I got a longer answer explaining why, but will offer a less-long answer in my terms:

Yes, there are just as many menus and boxes that can be checked in AWS, Google, Azure, or any other cloud services provider. 

Yes, it will allow you to move to the cloud in days, weeks, or even one month and you could even possibly do a complete lift ’n’ shift, which is pretty much always a bad idea but there could be a valid, contextual reason. And if you do this, you can’t just walk away and consider it done. You need to refactor everything and do it very, very quickly. 

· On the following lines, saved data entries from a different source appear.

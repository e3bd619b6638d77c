//! The links between nodes, and the walks over them.
//!
//! ```text
//!   1 --0-- 2        the square of specs/Square: four nodes, four links of cost 10. From 0 to 3 two walks
//!   |       |        cost the same, and the next hop is the lesser neighbour
//!   ..
//! ```
//!
//! - `links`: a link's two ends, its figures, and its two directions with their numbers
//! - `specs/Wiring`: which nodes and links there are, and which links a node takes for up
//! - `specs/Paths`: walks, least costs and next hops (RFC 2328, section 16.1); `paths`: what holds of them
#![tactic(auto)]

mod links;
mod paths;

pub use links::{Dir, LinkEnds, channel_of, direction_of};
pub use mn_base::{LinkNo, ListOf, NodeNo, Rd, Rt, SiteNo, VrfNo};
pub use paths::{least_walk, next_hop, square_is_wired, walks_in_the_square};
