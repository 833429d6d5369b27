// What `why` prints in lines, for programs.
ghost use Rattle.std.specs.Prelude.{◌≡◌, ◌++◌, ◌||◌, not, IfOk, Some, codes, string_bytes};
ghost use Rattle.cj_zone.specs.Table.{local_zone, zones_of};
ghost use Rattle.cj_zone.specs.Zones.{utc_zone};
ghost use Rattle.cj_why.specs.reviews.Rows.{AreLined};
ghost use Rattle.cj_answers.specs.Clusters as told;
ghost use Rattle.cj_answers.specs.Outcome.{explained, outcome_of};
ghost use Rattle.cj_inspect.specs.Why.{PrintsReview, is_nothing, meant_of, reviewed as outcome_reviewed};

use cj_answers::{Answer, ending_by, is_read, note_lines, note_words};
use cj_args::WhyRequest;
use cj_cluster::{ClusterCron, ClusterList, ItemNote};
use cj_io::Failure;
use cj_types::{Seconds, Shared};
use cj_why::{Reviewed, problems, review};
use cj_zone::ZoneTable;
use std::alloc::{AllocError, Global};

// Whether none of these needs attention, where only such are printed.
pub(crate) fn is_fine(problems: bool, lined: &[Shared<ClusterCron>]) -> bool
    ensures { result ≡ (not problems || is_nothing lined.now) }
{
    !problems || lined.is_empty()
}

// The items that can't be used, and what is printed and said of the CronJobs.
fn printed(
    alloc: Global,
    explain: bool,
    fine: bool,
    notes: &[ItemNote],
    reviewed: &Reviewed,
) -> Result<Answer, AllocError>
    ensures { IfOk result (λ a. outcome_of a ≡ explained explain
        (told.note_words notes.now ++ string_bytes reviewed.now.said)
        (outcome_reviewed fine notes.now (string_bytes reviewed.now.printed))) }
{
    let mut said = note_words(alloc, notes)?;
    said.push_str(reviewed.said.as_str())?;
    let mut printed = note_lines(alloc, notes)?;
    printed.push_str(reviewed.printed.as_str())?;
    let answer = Answer {
        ending: ending_by(is_read(notes) && fine),
        printed,
        said: String::new(alloc),
    };
    answer.explained(explain, said.as_str())
}

// What is printed of these in lines.
fn all_lined(
    alloc: Global,
    why: &WhyRequest<'_>,
    zones: &ZoneTable,
    list: &ClusterList,
    lined: &[Shared<ClusterCron>],
    now: Seconds,
) -> Result<Answer, Failure>
    requires local { local_zone zones.now ≡ Some (utc_zone (codes "UTC")) }
    requires are { AreLined why.now.problems (zones_of zones.now) list.now.cluster now
        (meant_of why.now list.now) lined.now }
    ensures { IfOk result (λ a. PrintsReview why.now (zones_of zones.now) now list.now
        (outcome_of a)) }
{
    let reviewed = review(alloc, why.explain, zones, &list.cluster, lined, now)?;
    let fine = is_fine(why.problems, lined);
    let notes = list.notes.as_slice();
    Ok(printed(alloc, why.explain, fine, notes, &reviewed)?)
}

/// What is printed of them in lines, of all or of those that need attention.
pub(crate) fn lines_reviewed(
    alloc: Global,
    why: &WhyRequest<'_>,
    zones: &ZoneTable,
    list: &ClusterList,
    crons: &[Shared<ClusterCron>],
    now: Seconds,
) -> Result<Answer, Failure>
    requires local { local_zone zones.now ≡ Some (utc_zone (codes "UTC")) }
    requires meant { crons.now ≡ meant_of why.now list.now }
    ensures { IfOk result (λ a. PrintsReview why.now (zones_of zones.now) now list.now
        (outcome_of a)) }
{
    if why.problems {
        let lined = problems(alloc, zones, &list.cluster, crons, now)?;
        all_lined(alloc, why, zones, list, lined.as_slice(), now)
    } else {
        all_lined(alloc, why, zones, list, crons, now)
    }
}
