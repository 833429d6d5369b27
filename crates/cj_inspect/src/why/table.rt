// What `why` prints in a table, for people.
ghost use Rattle.std.specs.Prelude.{◌≡◌, ◌==◌, ◌||◌, not, IfOk, Some, codes, length};
ghost use Rattle.std.specs.FinMap as map;
ghost use Rattle.cj_zone.specs.Table.{local_zone, zones_of};
ghost use Rattle.cj_zone.specs.Zones.{utc_zone};
ghost use Rattle.cj_answers.specs.Clusters as told;
ghost use Rattle.cj_answers.specs.Outcome.{explained, outcome_of};
ghost use Rattle.cj_inspect.specs.Why.{PrintsTable, is_full, is_nothing, meant_of, reviewed as outcome_reviewed};

use cj_answers::{Answer, ending_by, is_read, note_lines, note_words};
use cj_args::WhyRequest;
use cj_cluster::{ClusterCron, ClusterList, ItemNote};
use cj_io::Failure;
use cj_types::{Seconds, Shared};
use cj_why::{CronRow, cron_rows, table_text};
use cj_zone::ZoneTable;
use std::alloc::{AllocError, Global};

/// Whether the reasons are given in full: `--explain` asks for it, or one CronJob is named.
pub(crate) fn is_full(why: &WhyRequest<'_>) -> bool
    ensures { result ≡ is_full why.now }
{
    why.explain || why.crons.as_slice().len() == 1
}

// Whether none of these needs attention, where only such are printed.
fn is_fine(problems: bool, rows: &[CronRow]) -> bool
    ensures { result ≡ (not problems || is_nothing rows.now) }
{
    !problems || rows.is_empty()
}

// The items that can't be used, then the table.
fn tabled(
    alloc: Global,
    explain: bool,
    fine: bool,
    notes: &[ItemNote],
    table: &str,
) -> Result<Answer, AllocError>
    ensures { IfOk result (λ a. outcome_of a ≡ explained explain (told.note_words notes.now)
        (outcome_reviewed fine notes.now table.now)) }
{
    let said = note_words(alloc, notes)?;
    let mut printed = note_lines(alloc, notes)?;
    printed.push_str(table)?;
    let answer = Answer {
        ending: ending_by(is_read(notes) && fine),
        printed,
        said: String::new(alloc),
    };
    answer.explained(explain, said.as_str())
}

/// What is printed of them in a table.
pub(crate) fn table_reviewed(
    alloc: Global,
    why: &WhyRequest<'_>,
    zones: &ZoneTable,
    list: &ClusterList,
    all: usize,
    crons: &[Shared<ClusterCron>],
    now: Seconds,
) -> Result<Answer, Failure>
    requires local { local_zone zones.now ≡ Some (utc_zone (codes "UTC")) }
    requires meant { crons.now ≡ meant_of why.now list.now }
    requires all { all ≡ length (map.values list.now.cluster.crons) }
    ensures { IfOk result (λ a. PrintsTable why.now (zones_of zones.now) now list.now
        (outcome_of a)) }
{
    let full = is_full(why);
    let rows = cron_rows(alloc, why.problems, full, zones, &list.cluster, crons, now)?;
    let table = table_text(alloc, full, now, all, rows.as_slice())?;
    let fine = is_fine(why.problems, rows.as_slice());
    let notes = list.notes.as_slice();
    Ok(tabled(alloc, why.explain, fine, notes, table.as_str())?)
}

You can choose this route, but…

And it’s a big but.

It won’t allow you to reap the benefits of cloud computing. Going this route, you could end up paying more or not achieving the return on investment that everyone sells: Move to the cloud. It costs less.

Innovating with the full power of the cloud at your disposal AND saving time, money, team capacity requires doing the work in code and building reusable patterns.

What do you mean by repeatable patterns? 

I asked this once and here’s my answer:

Think of code as a living template that’s housed in a repository which serves as the single source of truth for every digital aspect of your business. It is updated in one place and is pushed out (deployed) to all the places that use this code. For example, if you have IAM permissions that are both centralized and automated, this code can be reused for any new application that is needed. If you were developing a new application, the software developer can use automated tests (or at least manual, daily tests) against that code to confirm permissions and logins work for a new application. This applies to “any code templates” for automated critical integrations (such as security measures). This translates to bugs and issues being found daily vs. waiting to reactively try to solve them a week or months later when the application needs launched.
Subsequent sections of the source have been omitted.